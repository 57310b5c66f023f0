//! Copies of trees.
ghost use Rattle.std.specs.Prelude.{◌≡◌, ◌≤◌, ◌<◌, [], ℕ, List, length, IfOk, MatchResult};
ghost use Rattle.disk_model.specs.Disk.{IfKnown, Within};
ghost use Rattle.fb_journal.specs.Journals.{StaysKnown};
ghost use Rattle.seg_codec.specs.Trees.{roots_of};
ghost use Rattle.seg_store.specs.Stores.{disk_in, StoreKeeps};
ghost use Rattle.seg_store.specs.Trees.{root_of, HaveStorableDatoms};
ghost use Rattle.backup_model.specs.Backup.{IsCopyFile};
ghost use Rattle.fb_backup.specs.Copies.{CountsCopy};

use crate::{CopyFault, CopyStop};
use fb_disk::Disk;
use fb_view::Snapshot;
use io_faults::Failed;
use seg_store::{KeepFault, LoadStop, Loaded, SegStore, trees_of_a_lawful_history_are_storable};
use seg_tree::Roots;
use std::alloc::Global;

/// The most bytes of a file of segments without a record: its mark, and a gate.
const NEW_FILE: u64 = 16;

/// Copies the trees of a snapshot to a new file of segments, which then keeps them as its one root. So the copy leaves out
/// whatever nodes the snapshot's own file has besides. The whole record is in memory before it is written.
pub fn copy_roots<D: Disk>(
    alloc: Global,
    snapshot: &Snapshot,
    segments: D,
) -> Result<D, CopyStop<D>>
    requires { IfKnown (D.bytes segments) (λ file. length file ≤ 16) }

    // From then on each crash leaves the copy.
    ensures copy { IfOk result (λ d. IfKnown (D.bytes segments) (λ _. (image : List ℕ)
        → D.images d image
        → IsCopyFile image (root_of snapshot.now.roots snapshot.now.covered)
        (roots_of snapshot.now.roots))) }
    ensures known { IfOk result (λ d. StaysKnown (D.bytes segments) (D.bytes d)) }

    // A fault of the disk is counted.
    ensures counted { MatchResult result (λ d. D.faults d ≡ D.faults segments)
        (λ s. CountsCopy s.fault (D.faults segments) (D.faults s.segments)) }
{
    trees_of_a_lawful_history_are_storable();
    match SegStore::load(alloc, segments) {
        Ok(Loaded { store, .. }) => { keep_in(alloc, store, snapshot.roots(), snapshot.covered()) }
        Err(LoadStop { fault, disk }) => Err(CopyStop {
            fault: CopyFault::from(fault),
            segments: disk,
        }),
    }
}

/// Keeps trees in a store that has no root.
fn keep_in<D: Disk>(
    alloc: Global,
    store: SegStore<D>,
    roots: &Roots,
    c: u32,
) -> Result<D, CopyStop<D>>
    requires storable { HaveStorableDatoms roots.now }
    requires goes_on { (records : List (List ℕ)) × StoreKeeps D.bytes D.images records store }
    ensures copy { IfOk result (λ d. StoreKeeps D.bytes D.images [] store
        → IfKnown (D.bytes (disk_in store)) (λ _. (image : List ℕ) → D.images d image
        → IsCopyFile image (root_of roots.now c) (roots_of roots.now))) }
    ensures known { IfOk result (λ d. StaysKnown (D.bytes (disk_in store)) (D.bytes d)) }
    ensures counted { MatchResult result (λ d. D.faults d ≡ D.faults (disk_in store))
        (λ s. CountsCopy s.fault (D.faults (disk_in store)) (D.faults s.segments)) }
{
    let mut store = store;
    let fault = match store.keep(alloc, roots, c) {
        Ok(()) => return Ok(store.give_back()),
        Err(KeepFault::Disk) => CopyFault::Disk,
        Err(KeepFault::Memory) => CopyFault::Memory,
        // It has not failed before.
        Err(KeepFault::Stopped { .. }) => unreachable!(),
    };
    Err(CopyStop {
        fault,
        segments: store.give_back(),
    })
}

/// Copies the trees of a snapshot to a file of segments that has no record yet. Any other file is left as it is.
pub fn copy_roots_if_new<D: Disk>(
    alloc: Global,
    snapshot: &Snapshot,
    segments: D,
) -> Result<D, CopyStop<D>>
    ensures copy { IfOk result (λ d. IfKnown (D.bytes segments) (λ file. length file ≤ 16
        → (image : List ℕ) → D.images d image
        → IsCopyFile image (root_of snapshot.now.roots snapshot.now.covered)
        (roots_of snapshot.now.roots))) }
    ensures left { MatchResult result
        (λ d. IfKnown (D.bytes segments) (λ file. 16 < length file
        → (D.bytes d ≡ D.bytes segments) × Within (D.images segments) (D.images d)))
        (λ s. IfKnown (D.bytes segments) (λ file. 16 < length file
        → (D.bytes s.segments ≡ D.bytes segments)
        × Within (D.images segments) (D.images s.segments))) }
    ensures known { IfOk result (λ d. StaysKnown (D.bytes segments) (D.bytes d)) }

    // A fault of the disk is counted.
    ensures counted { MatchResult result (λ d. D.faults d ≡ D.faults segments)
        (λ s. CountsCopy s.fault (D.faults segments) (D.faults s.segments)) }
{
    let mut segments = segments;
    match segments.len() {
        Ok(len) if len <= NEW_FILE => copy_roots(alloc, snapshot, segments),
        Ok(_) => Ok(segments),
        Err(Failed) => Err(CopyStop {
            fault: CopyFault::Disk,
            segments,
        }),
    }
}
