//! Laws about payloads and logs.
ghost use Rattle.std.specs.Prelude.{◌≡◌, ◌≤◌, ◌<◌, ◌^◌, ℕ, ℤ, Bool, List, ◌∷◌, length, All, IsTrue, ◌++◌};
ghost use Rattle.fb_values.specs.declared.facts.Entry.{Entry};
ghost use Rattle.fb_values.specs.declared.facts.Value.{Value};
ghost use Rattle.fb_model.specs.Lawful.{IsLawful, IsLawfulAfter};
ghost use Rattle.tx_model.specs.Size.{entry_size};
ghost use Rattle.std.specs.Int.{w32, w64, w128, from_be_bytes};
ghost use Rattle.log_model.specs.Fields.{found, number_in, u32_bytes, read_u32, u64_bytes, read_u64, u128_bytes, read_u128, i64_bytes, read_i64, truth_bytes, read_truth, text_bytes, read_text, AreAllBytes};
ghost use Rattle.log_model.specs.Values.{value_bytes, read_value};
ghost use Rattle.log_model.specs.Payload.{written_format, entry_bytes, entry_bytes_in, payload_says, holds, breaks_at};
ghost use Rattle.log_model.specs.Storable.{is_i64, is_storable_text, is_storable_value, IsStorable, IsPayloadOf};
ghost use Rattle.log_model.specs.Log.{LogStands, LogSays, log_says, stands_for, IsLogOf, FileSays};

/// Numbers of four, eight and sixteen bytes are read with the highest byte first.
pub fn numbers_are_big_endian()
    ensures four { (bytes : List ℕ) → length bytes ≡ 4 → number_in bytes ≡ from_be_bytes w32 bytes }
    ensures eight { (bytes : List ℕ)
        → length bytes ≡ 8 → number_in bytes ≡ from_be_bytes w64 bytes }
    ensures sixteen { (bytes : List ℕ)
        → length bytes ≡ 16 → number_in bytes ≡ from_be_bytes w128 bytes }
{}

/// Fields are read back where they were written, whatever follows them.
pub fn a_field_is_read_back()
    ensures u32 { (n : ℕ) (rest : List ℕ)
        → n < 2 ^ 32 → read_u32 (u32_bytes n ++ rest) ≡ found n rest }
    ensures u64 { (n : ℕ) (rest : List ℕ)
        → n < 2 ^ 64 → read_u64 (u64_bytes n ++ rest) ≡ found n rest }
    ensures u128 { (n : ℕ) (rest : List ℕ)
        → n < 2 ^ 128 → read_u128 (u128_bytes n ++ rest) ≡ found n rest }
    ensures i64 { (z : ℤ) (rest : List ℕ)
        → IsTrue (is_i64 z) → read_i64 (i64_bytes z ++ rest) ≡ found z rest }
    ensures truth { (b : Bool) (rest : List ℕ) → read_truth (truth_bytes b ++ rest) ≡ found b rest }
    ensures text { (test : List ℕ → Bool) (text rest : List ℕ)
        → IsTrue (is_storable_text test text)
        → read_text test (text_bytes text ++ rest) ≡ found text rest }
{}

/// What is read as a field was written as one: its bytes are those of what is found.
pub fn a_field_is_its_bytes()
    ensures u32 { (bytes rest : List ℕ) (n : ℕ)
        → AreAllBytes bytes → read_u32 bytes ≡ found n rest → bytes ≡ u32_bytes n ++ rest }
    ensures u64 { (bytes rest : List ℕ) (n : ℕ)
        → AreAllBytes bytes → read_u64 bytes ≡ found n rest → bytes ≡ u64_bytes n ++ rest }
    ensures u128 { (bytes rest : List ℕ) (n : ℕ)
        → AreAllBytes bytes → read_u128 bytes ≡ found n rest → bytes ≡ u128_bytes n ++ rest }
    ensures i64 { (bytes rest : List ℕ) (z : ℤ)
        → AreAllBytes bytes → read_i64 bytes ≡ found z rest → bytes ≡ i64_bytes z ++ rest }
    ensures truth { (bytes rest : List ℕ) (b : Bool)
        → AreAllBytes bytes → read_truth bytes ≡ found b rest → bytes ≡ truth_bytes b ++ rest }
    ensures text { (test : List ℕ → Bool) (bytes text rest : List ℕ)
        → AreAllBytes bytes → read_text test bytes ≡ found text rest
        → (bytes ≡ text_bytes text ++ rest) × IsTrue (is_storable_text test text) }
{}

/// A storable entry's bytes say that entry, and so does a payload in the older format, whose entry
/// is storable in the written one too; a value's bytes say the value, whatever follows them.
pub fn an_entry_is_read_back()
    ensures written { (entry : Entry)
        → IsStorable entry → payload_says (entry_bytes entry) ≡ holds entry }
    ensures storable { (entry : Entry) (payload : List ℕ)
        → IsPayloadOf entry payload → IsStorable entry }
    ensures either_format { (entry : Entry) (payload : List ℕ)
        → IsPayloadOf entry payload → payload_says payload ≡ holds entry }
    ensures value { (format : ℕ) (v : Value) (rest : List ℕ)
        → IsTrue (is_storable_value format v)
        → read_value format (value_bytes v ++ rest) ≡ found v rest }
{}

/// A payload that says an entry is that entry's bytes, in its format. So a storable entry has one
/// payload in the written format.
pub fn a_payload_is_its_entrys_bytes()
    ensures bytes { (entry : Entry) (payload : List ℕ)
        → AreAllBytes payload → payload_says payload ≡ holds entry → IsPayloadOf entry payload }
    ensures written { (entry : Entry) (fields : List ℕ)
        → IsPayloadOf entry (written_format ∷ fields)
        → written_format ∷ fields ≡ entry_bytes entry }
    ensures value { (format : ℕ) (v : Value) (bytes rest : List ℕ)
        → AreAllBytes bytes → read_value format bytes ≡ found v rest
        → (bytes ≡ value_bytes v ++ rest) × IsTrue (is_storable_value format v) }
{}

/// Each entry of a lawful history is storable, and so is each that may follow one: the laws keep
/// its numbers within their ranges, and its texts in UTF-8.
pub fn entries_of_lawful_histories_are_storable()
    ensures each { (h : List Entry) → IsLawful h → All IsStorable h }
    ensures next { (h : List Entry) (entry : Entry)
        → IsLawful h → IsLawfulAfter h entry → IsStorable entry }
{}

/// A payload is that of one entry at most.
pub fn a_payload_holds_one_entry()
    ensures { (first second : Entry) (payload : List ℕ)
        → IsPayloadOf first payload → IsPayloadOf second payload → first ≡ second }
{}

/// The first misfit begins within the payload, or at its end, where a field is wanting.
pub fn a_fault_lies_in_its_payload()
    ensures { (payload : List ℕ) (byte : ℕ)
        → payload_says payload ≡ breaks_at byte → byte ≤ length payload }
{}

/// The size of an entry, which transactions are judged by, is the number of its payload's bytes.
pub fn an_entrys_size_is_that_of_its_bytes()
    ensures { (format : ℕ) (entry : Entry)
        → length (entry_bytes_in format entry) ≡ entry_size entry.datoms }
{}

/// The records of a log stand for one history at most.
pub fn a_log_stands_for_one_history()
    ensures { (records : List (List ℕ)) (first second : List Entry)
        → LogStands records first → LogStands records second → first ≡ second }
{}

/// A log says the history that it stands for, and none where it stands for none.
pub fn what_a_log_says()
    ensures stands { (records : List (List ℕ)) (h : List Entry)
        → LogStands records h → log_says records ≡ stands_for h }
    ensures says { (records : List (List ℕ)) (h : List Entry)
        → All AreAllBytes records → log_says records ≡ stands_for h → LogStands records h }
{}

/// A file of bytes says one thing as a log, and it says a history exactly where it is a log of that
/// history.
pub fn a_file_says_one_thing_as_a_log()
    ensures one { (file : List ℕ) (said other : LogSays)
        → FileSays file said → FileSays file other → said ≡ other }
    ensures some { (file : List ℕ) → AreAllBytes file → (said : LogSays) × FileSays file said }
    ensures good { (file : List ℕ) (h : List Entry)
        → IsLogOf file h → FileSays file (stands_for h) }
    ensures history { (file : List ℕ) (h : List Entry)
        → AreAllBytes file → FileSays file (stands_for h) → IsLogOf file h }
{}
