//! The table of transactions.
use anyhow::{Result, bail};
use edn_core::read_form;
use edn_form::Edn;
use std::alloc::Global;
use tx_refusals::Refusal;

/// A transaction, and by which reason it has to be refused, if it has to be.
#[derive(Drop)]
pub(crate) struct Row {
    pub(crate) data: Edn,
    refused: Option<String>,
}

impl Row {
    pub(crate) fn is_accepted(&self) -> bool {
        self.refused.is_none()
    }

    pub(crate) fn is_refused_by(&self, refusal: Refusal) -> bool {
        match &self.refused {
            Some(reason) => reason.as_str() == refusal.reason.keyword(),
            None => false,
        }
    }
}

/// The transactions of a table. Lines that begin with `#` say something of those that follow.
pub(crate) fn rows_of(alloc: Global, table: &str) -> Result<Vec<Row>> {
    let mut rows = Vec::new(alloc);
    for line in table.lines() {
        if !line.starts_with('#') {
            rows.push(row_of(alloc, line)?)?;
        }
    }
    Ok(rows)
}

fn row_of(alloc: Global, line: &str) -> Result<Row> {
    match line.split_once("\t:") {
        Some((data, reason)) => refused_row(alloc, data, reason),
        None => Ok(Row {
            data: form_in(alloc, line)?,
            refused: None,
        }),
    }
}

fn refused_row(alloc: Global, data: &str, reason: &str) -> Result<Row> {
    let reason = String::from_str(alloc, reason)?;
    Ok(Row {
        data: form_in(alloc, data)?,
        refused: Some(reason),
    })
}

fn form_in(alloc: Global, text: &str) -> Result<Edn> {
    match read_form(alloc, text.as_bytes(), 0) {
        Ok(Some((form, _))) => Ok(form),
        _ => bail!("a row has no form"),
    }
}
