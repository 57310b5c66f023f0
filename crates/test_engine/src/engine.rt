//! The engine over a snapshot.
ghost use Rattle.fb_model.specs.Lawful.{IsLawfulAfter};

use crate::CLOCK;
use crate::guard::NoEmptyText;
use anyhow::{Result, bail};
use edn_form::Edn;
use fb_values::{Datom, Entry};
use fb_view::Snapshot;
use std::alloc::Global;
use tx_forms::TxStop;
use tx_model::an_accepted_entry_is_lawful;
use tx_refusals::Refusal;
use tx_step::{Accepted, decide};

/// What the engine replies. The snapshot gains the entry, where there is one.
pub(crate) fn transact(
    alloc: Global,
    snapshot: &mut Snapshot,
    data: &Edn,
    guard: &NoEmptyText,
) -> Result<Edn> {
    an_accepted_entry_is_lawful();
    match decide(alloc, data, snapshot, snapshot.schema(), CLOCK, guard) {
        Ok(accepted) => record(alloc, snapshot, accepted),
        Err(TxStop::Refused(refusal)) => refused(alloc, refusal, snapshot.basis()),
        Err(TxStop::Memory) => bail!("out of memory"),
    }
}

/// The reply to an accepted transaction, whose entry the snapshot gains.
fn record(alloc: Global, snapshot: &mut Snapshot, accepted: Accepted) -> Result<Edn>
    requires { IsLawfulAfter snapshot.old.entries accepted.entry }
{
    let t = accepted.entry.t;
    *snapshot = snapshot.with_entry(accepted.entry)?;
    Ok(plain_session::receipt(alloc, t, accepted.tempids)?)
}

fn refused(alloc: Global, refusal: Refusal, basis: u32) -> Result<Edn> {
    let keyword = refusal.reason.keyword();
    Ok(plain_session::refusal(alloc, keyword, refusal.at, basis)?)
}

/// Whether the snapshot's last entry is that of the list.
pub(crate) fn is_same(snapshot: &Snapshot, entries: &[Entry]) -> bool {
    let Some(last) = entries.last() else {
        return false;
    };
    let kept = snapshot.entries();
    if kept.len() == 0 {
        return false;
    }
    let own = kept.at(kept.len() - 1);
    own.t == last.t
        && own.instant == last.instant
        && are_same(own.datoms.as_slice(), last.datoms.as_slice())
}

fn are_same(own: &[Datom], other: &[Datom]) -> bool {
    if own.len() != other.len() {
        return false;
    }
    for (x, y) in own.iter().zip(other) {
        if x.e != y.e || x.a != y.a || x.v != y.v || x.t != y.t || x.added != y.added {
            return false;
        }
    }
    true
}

-------------------------

* _EXERCISE_: Looking at the records above, which lines contain "guard"? Copy those lines.

* _WRITTEN RESPONSE_:
use crate::guard::NoEmptyText;
    guard: &NoEmptyText,
    match decide(alloc, data, snapshot, snapshot.schema(), CLOCK, guard) {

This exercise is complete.